Mr. Lorentzen felt that burden during the documentary’s most moving scene, in which a young married couple loses one of its twin girls during birth and requests she still be baptized. As the only resident on call, Engel quickly finds a Bible and has a colleague help her navigate through various passages that would be appropriate to read. It’s a stirring moment watching Engel adjust to the room, feel the weight of the parents’ loss and begin to pray with them.
It’s a stirring moment watching Engel adjust to the room, feel the weight of the parents’ loss and begin to pray with them.
“That was one of the really difficult, heavy parts of making this film: asking people to be there in these moments and then feeling enormously responsible to take care of them, to use the footage in a way that did justice to the invitation that I was given,” Mr. Lorentzen said.
At one point, the father asks if he can read a few chapters from Jeremiah before Engel brings out holy water, doing her best to stay present and attentive to everyone’s needs and emotional temperature. As someone from an orthodox Jewish background, trying to read the right biblical passage was “absolutely nerve-wracking,” Ms. Engel recalled, but she remained assured in her approach. “That was really a great example of what it requires to be a chaplain that’s fully present and active and engaged,” she said.
Mr. Lorentzen shot the documentary throughout 2021, when physician burnout and the health care industry’s “Great Resignation” became a major topic of discussion. Though “A Still Small Voice” does not give a lot of attention to the pandemic’s toll, it still illuminates the challenge for so many spiritual caregivers: to produce empathy and full presence of mind on a 9-to-5 schedule when the world around them seems to be burning. “Is that humanly possible, especially when you have cases that really hit close to home and might bring up some triggers in you?” Ms. Engel wondered. “You might need a couple days to not come into the office and just rebound.”
The work takes a toll on Ms. Engel. Tension brews with Fleenor and she withdraws from the program before its completion, frustrated by the requirements of compartmentalizing work with patients who need more care after hours. But Engel finds the drama of her situation to be instructive. She hopes her experience will inspire more empathy for chaplains and other health care providers who take on the responsibilities of guiding people through their most challenging times.

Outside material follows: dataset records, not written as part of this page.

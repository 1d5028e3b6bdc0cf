//! What a context has: looked up by number.
ghost use Rattle.std.specs.Prelude.{◌≡◌, Some, None, take, MatchOption};
ghost use Rattle.std.specs.List.{list_any};
ghost use Rattle.std.specs.Option.{option_copied};
ghost use Rattle.uc_context.specs.Contexts.{IsContext, solution_of, binder_type};
ghost use Rattle.uc_context.specs.Entries.{is_variable, is_unsolved, is_rigid, declares, before};
ghost use Rattle.uc_context.specs.Index.{last_place};
ghost use Rattle.uc_context.specs.Looking.{HasAt};

use crate::context::Context;
use crate::entry::Entry;
use crate::open::Open;

impl Context {
    /// The place of a rigid variable or an existential, with its entry.
    pub(crate) fn standing(&self, x: u64) -> Option<(usize, &Entry)>
        ensures stands { MatchOption result (last_place (is_variable x) self.now ≡ None) (λ p. HasAt (is_variable x) self.now p.0 p.1.now) }
        ensures in_order { IsContext self.now }
    {
        match self.index.variables.get(x) {
            Some(place) => Some((place, &self.entries[place])),
            None => None,
        }
    }

    /// Whether an entry is the rigid variable or the existential with a number.
    pub fn has_variable(&self, number: u64) -> bool
        ensures { result ≡ list_any (is_variable number) self.now }
    {
        self.index.variables.get(number).is_some()
    }

    /// Whether there is such an existential that isn't solved.
    pub fn is_unsolved(&self, which: u64) -> bool
        ensures { result ≡ list_any (is_unsolved which) self.now }
    {
        match self.standing(which) {
            Some((_, e)) => e.is_unsolved(which),
            None => false,
        }
    }

    /// What an existential stands for, where it is solved.
    pub fn solution(&self, which: u64) -> Option<&Open>
        ensures { option_copied result ≡ solution_of self.now which }
    {
        match self.standing(which) {
            Some((_, e)) => e.solution(),
            None => None,
        }
    }

    /// The type of the last binder with a number.
    pub fn binder(&self, number: u64) -> Option<&Open>
        ensures { option_copied result ≡ binder_type self.now number }
    {
        match self.index.binders.get(number) {
            Some(place) => self.entries[place].binder_type(),
            None => None,
        }
    }

    /// How many entries stand before a variable; all where there is none.
    pub(crate) fn count_before(&self, which: u64) -> usize
        ensures { take result self.now ≡ before which self.now }
    {
        match self.standing(which) {
            Some((place, _)) => place,
            None => self.entries.len(),
        }
    }

    /// Whether a rigid variable is among so many entries.
    pub(crate) fn has_rigid(&self, limit: usize, x: u64) -> bool
        ensures { result ≡ list_any (is_rigid x) (take limit self.now) }
    {
        match self.standing(x) {
            Some((place, e)) => place < limit && e.is_rigid(x),
            None => false,
        }
    }

    /// Whether an existential is among so many entries.
    pub(crate) fn has_existential(&self, limit: usize, x: u64) -> bool
        ensures { result ≡ list_any (declares x) (take limit self.now) }
    {
        match self.standing(x) {
            Some((place, e)) => place < limit && e.declares(x),
            None => false,
        }
    }

    /// Whether an existential stands before a variable.
    pub fn is_declared_before(&self, first: u64, second: u64) -> bool
        ensures { result ≡ list_any (declares first) (before second self.now) }
    {
        self.has_existential(self.count_before(second), first)
    }
}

“The work is also internal, and you need space and you need rest and you need things going on outside your life,” Ms. Engel says. “I don’t know that we have a good understanding of how much spaciousness you need.”
In some ways, the country has yet to properly grapple with the pandemic and mourn for the one million Americans who lost their lives to the virus. Mr. Lorentzen’s documentary offers a cathartic opportunity to grieve—and watch a small group of individuals do their best to shoulder the burdens of that heavy work. “In spending time with Engel and every chaplain in the department, there was a mix of absolute magic and brokenness that was in play,” Mr. Lorentzen said.
“As a filmmaker...I experienced that balance of feeling a lot of really burned-out, dreadful feelings, and a lot of hope and inspiration,” he said. “It’s something I’m still figuring out what to do with.”